■ Records contained in a dataset

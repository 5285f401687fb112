//! Whether the parts of a text have room: what would pass a limit is refused before it is made.
ghost use Rattle.std.specs.Prelude.{◌≡◌, ◌+◌, ◌<◌, ◌≤◌, nat_le, IfSome, IfNone};
ghost use Rattle.tks_tcl.specs.Room.{room_of};

use tks_text::Txt;

/// What is left of a room behind a text of so many bytes, and so many more.
pub fn room_behind(room: usize, len: usize, more: usize) -> Option<usize>
    ensures some { IfSome result (λ left. left + (len + more) ≡ room) }
    ensures none { IfNone result (room < len + more) }
{
    room.checked_sub(len)?.checked_sub(more)
}

/// Whether these texts, and so many bytes more with each, are no more than this room.
pub fn have_room(texts: &[Txt], more: usize, room: usize) -> bool
    ensures { result ≡ nat_le (room_of more texts.now) room }
{
    let mut left = room;
    for text in texts {
        match room_behind(left, text.len(), more) {
            Some(room) => left = room,
            None => return false,
        }
    }
    true
}
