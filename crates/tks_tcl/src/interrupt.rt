//! Why a command gave no value.
ghost use Rattle.std.specs.Prelude.{◌≡◌};
ghost use Rattle.tks_tcl.specs.Cause.{about, bare, within};
ghost use Rattle.tks_text.specs.Limits.{fits};
ghost use Rattle.tks_tcl.specs.Meets.{TellsSo, GivesSo};

use std::alloc::AllocError;
use tks_text::{ErrorNumber, Failure, Limits, ScriptFault, Txt, fits};

/// Why a command gave no value.
#[derive(Drop)]
pub enum Interrupt {
    /// An error of the script's own.
    Script(ScriptFault),
    /// Something would have passed a limit.
    TooLarge,
    /// An allocation was refused.
    NoMemory,
}

impl From<AllocError> for Interrupt {
    ghost use Rattle.tks_tcl.specs.declared.interrupt.Interrupt.TheVariants.{NoMemory};

    ghost from_gives = { λ _ e. e ≡ NoMemory };

    fn from(_e: AllocError) -> Interrupt {
        Interrupt::NoMemory
    }
}

impl From<Failure> for Interrupt {
    ghost use Rattle.tks_tcl.specs.Meets.{interrupt_of};

    ghost from_gives = { λ failure e. e ≡ interrupt_of failure };

    fn from(failure: Failure) -> Interrupt {
        match failure {
            Failure::Script(fault) => Interrupt::Script(fault),
            Failure::NoMemory => Interrupt::NoMemory,
        }
    }
}

/// An error about a text.
pub fn error_about(number: ErrorNumber, subject: &Txt) -> Interrupt
    ensures { TellsSo (about number subject.now) result }
{
    match subject.try_clone() {
        Ok(subject) => Interrupt::Script(ScriptFault {
            number,
            subject: Some(subject),
        }),
        Err(_) => Interrupt::NoMemory,
    }
}

/// An error about nothing that has a name.
pub fn error(number: ErrorNumber) -> Interrupt
    ensures { TellsSo (bare number) result }
{
    Interrupt::Script(ScriptFault {
        number,
        subject: None,
    })
}

/// The error of a command that has a wrong number of words, or a subcommand that it doesn't know.
pub fn wrong_words(command: &Txt) -> Interrupt
    ensures { TellsSo (about ErrorNumber.WrongWords command.now) result }
{
    error_about(ErrorNumber::WrongWords, command)
}

/// A text, where it passes no limit.
pub fn within(text: Txt, limits: &Limits) -> Result<Txt, Interrupt>
    ensures { GivesSo (λ t. t) result (within limits.now text) }
{
    if fits(&text, limits) {
        Ok(text)
    } else {
        Err(Interrupt::TooLarge)
    }
}
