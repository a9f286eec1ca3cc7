// Tests of designs as machines, in a crate of their own, since a crate with tests is proved twice: inputs by rows (`input_tests`), a counter by
// rows (`counter_tests`), a block with a temporary (`block_tests`), and the steps of a design (`step_tests`), over what `designs` makes. What they
// expect was worked out by hand. Values of registers are rows of `machine_rows`.
#![tactic(auto)]

#[cfg(test)]
mod block_tests;
#[cfg(test)]
mod counter_tests;
#[cfg(test)]
mod designs;
#[cfg(test)]
mod input_tests;
#[cfg(test)]
mod step_tests;
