// Data inputs that rows set, and the registers behind them.
ghost use Rattle.std.specs.Prelude.{◌≡◌, ◌≤◌, ◌<◌, length};
ghost use Rattle.stimulus.specs.Records.{rows_of};

use crate::designs::{assign, later, made, plus, values_of};
use cycle_eval::Design;
use ls_text::{NameId, NoMemory};
use machine::Machine;
use machine::steps::Steps;
use state_layout::SlotState;
use std::alloc::Global;
use std::marker::Brand;
use std::process::Abort;
use std::sync::Arc;
use std::sync::ledger::{Blank, Ledger};
use std::test::Fail;
use stimulus::{Record, RecordRefusal, Row};
use typed_ir::{ArithmeticOperator, BinaryOperator, SignalId, Typed};

// s1 + s3, of eight bits
fn both(alloc: Global) -> Result<Typed, NoMemory> {
    let sum = BinaryOperator::Arithmetic(ArithmeticOperator::Sum);
    Typed::binary(
        alloc,
        sum,
        Typed::name(SignalId(1), 8),
        Typed::name(SignalId(3), 8),
    )
}

// input [3:0] d; input [7:0] e; reg [3:0] p = 7; reg [7:0] q = 7; wire [3:0] w = d + 1;
// always @(posedge clk) p <= w; always @(posedge clk) q <= q + e;
// Their names have the numbers 0 (p), 1 (q), 2 (d), 3 (e) and 4 (w).
fn two_inputs(rt: &impl Abort, alloc: Global) -> Result<Design, NoMemory> {
    let nodes = vec![in alloc; assign(alloc, 4, 4, plus(alloc, 2, 4, 1)?)?]?;
    let clocked = vec![in alloc;
        later(alloc, 0, 4, Typed::name(SignalId(4), 4))?,
        later(alloc, 1, 8, both(alloc)?)?,
    ]?;
    let signals: &[(u8, u128)] = &[(4, 7), (8, 7), (4, 0), (8, 0), (4, 0)];
    made(rt, alloc, signals, &[0, 1], &[2, 3], nodes, clocked)
}

// The row that sets these names to these values.
fn row_of(alloc: Global, list: &[(u64, u128)]) -> Result<Row, NoMemory> {
    let mut row = Row::new(alloc);
    for (name, value) in list {
        row.put(NameId(*name), *value)?;
    }
    Ok(row)
}

// A record of these rows, each for so many cycles.
fn record_of(
    rt: &impl Abort,
    alloc: Global,
    list: &[(&[(u64, u128)], u64)],
) -> Result<Record, RecordRefusal> {
    let mut record = Record::new(alloc, 1000);
    for (values, cycles) in list {
        assert!(rt; 1 <= *cycles && *cycles <= 1000);
        assert!(rt; record.len() <= 1000);
        record.append(Arc::new(alloc, row_of(alloc, values)?)?, *cycles)?;
    }
    Ok(record)
}

// The state after the cycles of a record, of which those before a cycle are run first and the others then.
fn state_in_two_runs<L: Ledger>(
    alloc: Global,
    design: &Design,
    record: &Record,
    middle: u64,
    blank: Blank,
) -> Result<SlotState, NoMemory>
    requires middle { middle ≤ length (rows_of record.now) }
    requires name { blank.name ≡ L.name }
    requires parts { blank.parts ≡ L.parts }
    requires some { 0 < blank.parts }
{
    let mut steps = Steps::<L>::start(blank);
    let end = record.len();
    let first = record.slice(alloc, 0, middle)?;
    let others = record.slice(alloc, middle, end)?;
    let start = design.reset(alloc)?;
    let state = design.advance(alloc, &first, &start, 0, middle, &mut steps)?;
    design.advance(alloc, &others, &state, middle, end, &mut steps)
}

// The registers then.
fn after(
    alloc: Global,
    design: &Design,
    record: &Record,
    middle: u64,
) -> Result<Vec<u128>, NoMemory>
    requires { middle ≤ length (rows_of record.now) }
{
    let state = state_in_two_runs::<Brand>(alloc, design, record, middle, Blank::new(1))?;
    values_of(alloc, &state)
}

#[test]
fn inputs_by_rows(rt: HostRuntime) -> Result<(), Fail> {
    let alloc = rt.alloc();
    let design = two_inputs(&rt, alloc)?;
    // Rows with the numbers of their cycles, and the registers at the end. 21 is 16 + 5 and 300 is 256 + 44: each too wide for its input.
    // An input that a row doesn't set is 0, whatever it was. A name that isn't an input does nothing.
    let table: &[(&[(&[(u64, u128)], u64)], &[u128])] = &[
        (
            &[(&[(2, 1), (3, 2)], 2), (&[(2, 21), (3, 300)], 1)],
            &[6, 55],
        ),
        (&[(&[(2, 21), (3, 300)], 1), (&[(2, 3)], 2)], &[4, 51]),
        (&[(&[(2, 21), (3, 300)], 1), (&[], 1)], &[1, 51]),
        (&[(&[(0, 5), (4, 9), (99, 3)], 2)], &[1, 7]),
        (
            &[(&[(3, 1)], 3), (&[(3, 2)], 2), (&[(3, 255)], 1)],
            &[1, 13],
        ),
    ];
    for (rows, wanted) in table {
        let record = record_of(&rt, alloc, rows)?;
        for middle in 0..=record.len() {
            let values = after(alloc, &design, &record, middle)?;
            assert_eq!(rt; values.as_slice(), *wanted);
        }
    }
    Ok(())
}

#[test]
fn widths_and_registers(rt: HostRuntime) -> Result<(), Fail> {
    let alloc = rt.alloc();
    let design = two_inputs(&rt, alloc)?;
    assert_eq!(rt; design.input_width(NameId(2)), Some(4));
    assert_eq!(rt; design.input_width(NameId(3)), Some(8));
    assert_eq!(rt; design.input_width(NameId(0)), None);
    assert_eq!(rt; design.input_width(NameId(99)), None);
    assert_eq!(rt; design.registers().len(), 2);
    let state = design.reset(alloc)?;
    assert_eq!(rt; values_of(alloc, &state)?.as_slice(), [7, 7].as_slice());
    Ok(())
}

■ Exercise
Return only the exact lines from the opening of the records through the line that contains "Some(room) => left", both included.

■ Completed task
repository 5285f401687fb112
//! Whether the parts of a text have room: what would pass a limit is refused before it is made.
ghost use Rattle.std.specs.Prelude.{◌≡◌, ◌+◌, ◌<◌, ◌≤◌, nat_le, IfSome, IfNone};
ghost use Rattle.tks_tcl.specs.Room.{room_of};

use tks_text::Txt;

/// What is left of a room behind a text of so many bytes, and so many more.
pub fn room_behind(room: usize, len: usize, more: usize) -> Option<usize>
    ensures some { IfSome result (λ left. left + (len + more) ≡ room) }
    ensures none { IfNone result (room < len + more) }
{
    room.checked_sub(len)?.checked_sub(more)
}

/// Whether these texts, and so many bytes more with each, are no more than this room.
pub fn have_room(texts: &[Txt], more: usize, room: usize) -> bool
    ensures { result ≡ nat_le (room_of more texts.now) room }
{
    let mut left = room;
    for text in texts {
        match room_behind(left, text.len(), more) {
            Some(room) => left = room,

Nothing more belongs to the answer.